With instant feedback, we can learn immediately what we have done wrong (conversely we also can get very lazy by shooting endlessly and forget to think about the exact right perspective or moment of maximum visual impact). When I sense a lazy streak, I artificially impose "shot a day" kinds of discipline, or at least impose single shot mode (which I use nearly half the time in any event).

In the digital era, we can do our best by improving our software "darkroom" technique. Much of a shooter's style can be established through digital post processing. To achieve the most in this regard, at least some exposure to RAW processing is strongly advised. At the same time, the temptation to get lazy and say "I'll fix it in post" is another unfortunate potential trap.

With the advent of quality live view (in my instance, the K-01 and K30), the ability of shifting perspective and better understanding the relationship of camera and subject observed from a distance (typically achieved by using a remote in the film era) is more valuable than I had assumed previously. While the viewfinder is essential for the majority of shots, you can improve your photography markedly by pushing yourself away from the back of the camera for a great many shots.
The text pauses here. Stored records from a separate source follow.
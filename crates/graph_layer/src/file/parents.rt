//! The parents of a commit, one after another.

ghost use Rattle.std.specs.Prelude.{◌≡◌, ◌≢◌, ◌⊎◌, ◌<◌, ◌≤◌, ◌∷◌, [], true, Some, length, IfSome};
ghost use Rattle.graph_format.specs.Parents.{edge_of, items_of, both_parents};

use crate::file::File;
use graph_format::Position;
use graph_format::parents::{ExtraEdge, NO_PARENT, ParentError, TOP_BIT};

/// An iterator over the parents of a commit, as the sections "Commit Data" and "Extra Edge List" of
/// Git's commit-graph format have them.
///
/// It gives the position of each parent, in order. Where the parents cannot be decoded, or not all
/// of them, one [`ParentError`] is the last item. After the last item it gives `None` for good.
#[derive(Drop)]
pub struct Parents<'a> {
    file: &'a File,
    /// The parent field that gives the next item. In the extra edge list it is the index of the
    /// next word, with the top bit of a field added; an index may need more bits than a field has.
    next: u64,
    /// The parent field after that one.
    after: u32,
    /// Whether the first field was read.
    started: bool,
    ghost second_is_last: { started ≡ true → after ≡ 0x70000000 },
}

impl<'a> Parents<'a> {
    ghost use Rattle.std.specs.Iterator.{YieldsFirst};
    ghost use Rattle.graph_layer.specs.RemainingParents.{parents_left, parents_hint, first_hint};
    ghost use Rattle.graph_layer.specs.RemainingParents.{hint_after};

    /// The parents that both fields of a commit of this file give.
    pub(crate) fn new(file: &'a File, first: u32, second: u32) -> Parents<'a>
        ensures items { parents_left result
            ≡ items_of (both_parents (edge_of first) (edge_of second) file.now.edges) }
        ensures hint { parents_hint result ≡ first_hint (edge_of first) (edge_of second) }
    {
        Parents {
            file,
            next: first as u64,
            after: second,
            started: false,
        }
    }

    /// The next parent, or the error that ends them, or `None` where nothing is left.
    ///
    /// It is the trait's `next`, whose `next_gives` says the same of the item and of the bounds
    /// that `size_hint` answers.
    pub fn next(&mut self) -> Option<Result<Position, ParentError>>
        ensures steps { YieldsFirst parents_left self.old result self.new }
        ensures hint { parents_hint self.new
            ≡ hint_after (parents_hint self.old) (parents_left self.new) }
    {
        let word = self.next;
        if word < TOP_BIT as u64 && word != NO_PARENT as u64 {
            self.next = self.after as u64;
            self.after = NO_PARENT;
            self.started = true;
            Some(Ok(Position(word as u32)))
        } else if word == NO_PARENT as u64 && self.after == NO_PARENT {
            None
        } else {
            Some(self.next_beyond_fields())
        }
    }

    /// The next item where it is not a position in a parent field: one of the extra edge list, or
    /// the error that ends the parents.
    #[cold]
    #[inline(never)]
    fn next_beyond_fields(&mut self) -> Result<Position, ParentError>
        requires { 0x80000000 ≤ self.old.next
            ⊎ ((self.old.next ≡ 0x70000000) × (self.old.after ≢ 0x70000000)) }
        ensures items { parents_left self.old ≡ result ∷ parents_left self.new }
        ensures hint { parents_hint self.new
            ≡ hint_after (parents_hint self.old) (parents_left self.new) }
    {
        let word = self.next;
        self.next = NO_PARENT as u64;
        self.after = NO_PARENT;
        if !self.started {
            return Err(if word < TOP_BIT as u64 {
                ParentError::SecondWithoutFirst
            } else {
                ParentError::FirstIsEdgeIndex
            });
        }
        let Some(edges) = self.file.extra_edges() else {
            return Err(ParentError::NoEdgeList);
        };
        let index = (word - TOP_BIT as u64) as usize;
        if index >= edges.len() {
            return Err(ParentError::EdgeOverflow);
        }
        match ExtraEdge::from_raw(edges[index]) {
            ExtraEdge::Internal(pos) => {
                self.next = word + 1;
                Ok(pos)
            }
            ExtraEdge::Last(pos) => Ok(pos),
        }
    }
}

impl<'a> Iterator for Parents<'a> {
    ghost use Rattle.std.specs.Iterator.{item_count, UpTo};
    ghost use Rattle.std.specs.Iterator.SizeHint.{IsWithinCount};
    ghost use Rattle.graph_layer.specs.RemainingParents.{parents_left, parents_hint, GivesParent};

    type Item = Result<Position, ParentError>;

    ghost next_gives = { GivesParent };

    ghost remaining = { item_count parents_left };

    fn next(&mut self) -> Option<Result<Position, ParentError>> {
        Parents::next(self)
    }

    /// Bounds on the number of items that are left. Both are exact, unless the second parent field
    /// is an index into the extra edge list: then, up to the last item, no upper one is known.
    #[tactic(auto, using(crate::proofs::ParentBoundLemmas::hint_laws))]
    fn size_hint(&self) -> (usize, Option<usize>)
        ensures table { result ≡ parents_hint self.now }

        // Where nothing is left the bounds say so, where something is left the lower one is 1 at
        // least, and the upper one is exact wherever it is known.
        ensures none { parents_left self.now ≡ [] → result ≡ (0, Some 0) }
        ensures some { 0 < length (parents_left self.now) → 1 ≤ result.0 }
        ensures exact { IfSome result.1 (λ most.
            (most ≡ length (parents_left self.now)) × (result.0 ≡ most)) }

        // The number of items that are left lies within the bounds.
        ensures lower { IsWithinCount result.0 (item_count parents_left self.now) }
        ensures upper { IfSome result.1 (UpTo (item_count parents_left self.now)) }
    {
        if self.next >= TOP_BIT as u64 {
            if self.started {
                (1, None)
            } else {
                (1, Some(1))
            }
        } else if self.next == NO_PARENT as u64 {
            if self.after == NO_PARENT {
                (0, Some(0))
            } else {
                (1, Some(1))
            }
        } else if self.after == NO_PARENT {
            (1, Some(1))
        } else if self.after >= TOP_BIT {
            (2, None)
        } else {
            (2, Some(2))
        }
    }
}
Nothing I can argue with. Checking instant preview (otherwise known as 'chimping', is a bad thing only when done so often that I shot is missed - or as in a few months ago when I somehow accidentally fixed my white balance as tungsten on a bright sunny day. oops! And your point about RAW is well taken. Unless needs dictate otherwise, I shoot RAW+. Which by the way, meant I didn't panic when I discovered about an hour later what I had done to my white balance...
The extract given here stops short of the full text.